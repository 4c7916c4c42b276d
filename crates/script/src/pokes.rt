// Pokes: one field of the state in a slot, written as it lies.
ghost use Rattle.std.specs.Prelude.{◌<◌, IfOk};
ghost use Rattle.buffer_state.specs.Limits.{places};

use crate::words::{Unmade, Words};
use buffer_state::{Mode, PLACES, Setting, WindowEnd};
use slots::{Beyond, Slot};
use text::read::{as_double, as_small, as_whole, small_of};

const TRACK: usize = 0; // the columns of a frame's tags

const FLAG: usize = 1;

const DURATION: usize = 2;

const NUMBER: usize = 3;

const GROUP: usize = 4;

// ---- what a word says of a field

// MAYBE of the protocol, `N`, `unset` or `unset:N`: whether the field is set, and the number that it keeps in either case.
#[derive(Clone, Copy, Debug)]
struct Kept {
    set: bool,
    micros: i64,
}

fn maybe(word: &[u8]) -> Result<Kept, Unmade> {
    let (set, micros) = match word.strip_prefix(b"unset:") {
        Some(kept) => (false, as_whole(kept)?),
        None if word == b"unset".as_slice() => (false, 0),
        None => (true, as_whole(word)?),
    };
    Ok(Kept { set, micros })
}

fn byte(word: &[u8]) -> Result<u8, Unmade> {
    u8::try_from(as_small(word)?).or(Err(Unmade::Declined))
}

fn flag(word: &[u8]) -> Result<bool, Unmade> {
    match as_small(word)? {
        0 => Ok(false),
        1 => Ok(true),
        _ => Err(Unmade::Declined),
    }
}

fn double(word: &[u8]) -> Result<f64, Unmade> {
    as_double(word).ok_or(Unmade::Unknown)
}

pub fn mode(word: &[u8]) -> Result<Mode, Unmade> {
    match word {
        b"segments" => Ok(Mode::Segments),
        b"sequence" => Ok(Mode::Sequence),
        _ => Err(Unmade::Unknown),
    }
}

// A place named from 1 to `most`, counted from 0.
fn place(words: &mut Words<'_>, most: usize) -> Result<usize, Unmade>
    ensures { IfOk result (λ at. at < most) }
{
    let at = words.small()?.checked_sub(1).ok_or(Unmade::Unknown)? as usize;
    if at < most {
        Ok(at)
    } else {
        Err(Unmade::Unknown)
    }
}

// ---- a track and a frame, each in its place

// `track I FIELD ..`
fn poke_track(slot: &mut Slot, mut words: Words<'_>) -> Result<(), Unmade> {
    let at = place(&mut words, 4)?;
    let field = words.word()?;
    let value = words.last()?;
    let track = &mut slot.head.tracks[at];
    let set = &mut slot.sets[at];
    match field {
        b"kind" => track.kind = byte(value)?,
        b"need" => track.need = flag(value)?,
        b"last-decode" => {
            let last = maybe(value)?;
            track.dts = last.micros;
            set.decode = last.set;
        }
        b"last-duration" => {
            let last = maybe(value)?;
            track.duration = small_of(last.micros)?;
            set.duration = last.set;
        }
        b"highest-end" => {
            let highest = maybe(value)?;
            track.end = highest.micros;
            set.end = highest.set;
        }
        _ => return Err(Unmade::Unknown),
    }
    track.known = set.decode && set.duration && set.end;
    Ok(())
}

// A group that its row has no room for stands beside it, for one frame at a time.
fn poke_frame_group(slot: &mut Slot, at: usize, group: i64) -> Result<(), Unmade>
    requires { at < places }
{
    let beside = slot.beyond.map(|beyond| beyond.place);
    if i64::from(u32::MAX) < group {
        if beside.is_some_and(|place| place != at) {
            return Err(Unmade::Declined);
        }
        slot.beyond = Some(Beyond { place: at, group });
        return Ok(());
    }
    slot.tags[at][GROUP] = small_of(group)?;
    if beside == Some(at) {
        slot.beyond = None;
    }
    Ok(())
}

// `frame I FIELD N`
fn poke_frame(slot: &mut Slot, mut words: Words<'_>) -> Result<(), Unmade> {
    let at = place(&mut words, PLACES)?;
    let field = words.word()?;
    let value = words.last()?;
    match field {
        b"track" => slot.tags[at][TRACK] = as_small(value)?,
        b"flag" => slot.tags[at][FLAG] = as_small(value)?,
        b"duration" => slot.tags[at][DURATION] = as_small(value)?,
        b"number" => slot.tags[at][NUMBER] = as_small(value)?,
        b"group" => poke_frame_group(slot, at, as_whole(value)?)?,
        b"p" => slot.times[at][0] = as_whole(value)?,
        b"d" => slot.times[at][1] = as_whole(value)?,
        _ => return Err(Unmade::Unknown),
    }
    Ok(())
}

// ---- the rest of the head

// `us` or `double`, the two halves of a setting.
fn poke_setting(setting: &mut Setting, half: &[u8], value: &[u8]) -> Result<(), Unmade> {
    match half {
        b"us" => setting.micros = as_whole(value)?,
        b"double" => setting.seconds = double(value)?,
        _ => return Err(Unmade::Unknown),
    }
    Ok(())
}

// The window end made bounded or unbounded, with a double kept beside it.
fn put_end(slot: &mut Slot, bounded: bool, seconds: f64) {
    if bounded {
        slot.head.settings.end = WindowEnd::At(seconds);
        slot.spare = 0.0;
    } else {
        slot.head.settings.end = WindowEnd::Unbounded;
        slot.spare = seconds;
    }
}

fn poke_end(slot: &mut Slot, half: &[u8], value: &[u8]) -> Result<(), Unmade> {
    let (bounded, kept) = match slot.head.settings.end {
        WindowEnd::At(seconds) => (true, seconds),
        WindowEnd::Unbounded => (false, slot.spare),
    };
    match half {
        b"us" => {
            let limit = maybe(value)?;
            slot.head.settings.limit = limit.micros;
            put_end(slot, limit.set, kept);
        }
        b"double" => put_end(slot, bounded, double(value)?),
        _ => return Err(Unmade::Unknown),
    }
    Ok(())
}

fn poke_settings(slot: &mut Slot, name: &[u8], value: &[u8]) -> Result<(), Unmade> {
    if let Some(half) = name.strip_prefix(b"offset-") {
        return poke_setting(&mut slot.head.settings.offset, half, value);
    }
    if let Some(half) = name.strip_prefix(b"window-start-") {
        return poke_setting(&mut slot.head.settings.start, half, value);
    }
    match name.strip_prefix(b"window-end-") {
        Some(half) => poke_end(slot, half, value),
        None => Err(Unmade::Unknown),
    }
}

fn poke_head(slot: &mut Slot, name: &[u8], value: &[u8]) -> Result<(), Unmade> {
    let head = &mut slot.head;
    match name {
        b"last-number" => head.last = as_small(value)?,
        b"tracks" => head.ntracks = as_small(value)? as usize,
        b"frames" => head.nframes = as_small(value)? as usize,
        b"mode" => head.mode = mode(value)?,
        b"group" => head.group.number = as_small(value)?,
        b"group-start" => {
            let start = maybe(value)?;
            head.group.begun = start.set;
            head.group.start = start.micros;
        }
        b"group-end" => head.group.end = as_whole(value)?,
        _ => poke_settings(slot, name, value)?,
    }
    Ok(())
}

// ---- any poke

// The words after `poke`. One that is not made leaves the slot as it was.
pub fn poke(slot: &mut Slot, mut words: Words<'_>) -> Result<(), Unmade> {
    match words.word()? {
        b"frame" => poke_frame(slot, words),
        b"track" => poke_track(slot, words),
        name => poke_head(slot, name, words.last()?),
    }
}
--------------------------------------------------
■ **ASSIGNED TASK**:
The required output is the line containing "head.ntracks = as_small(value)?" through the last line of the records above, each copied exactly and nothing more.

■ **TASK RESPONSE**:
        b"tracks" => head.ntracks = as_small(value)? as usize,
        b"frames" => head.nframes = as_small(value)? as usize,
        b"mode" => head.mode = mode(value)?,
        b"group" => head.group.number = as_small(value)?,
        b"group-start" => {
            let start = maybe(value)?;
            head.group.begun = start.set;
            head.group.start = start.micros;
        }
        b"group-end" => head.group.end = as_whole(value)?,
        _ => poke_settings(slot, name, value)?,
    }
    Ok(())
}

// ---- any poke

// The words after `poke`. One that is not made leaves the slot as it was.
pub fn poke(slot: &mut Slot, mut words: Words<'_>) -> Result<(), Unmade> {
    match words.word()? {
        b"frame" => poke_frame(slot, words),
        b"track" => poke_track(slot, words),
        name => poke_head(slot, name, words.last()?),
    }
}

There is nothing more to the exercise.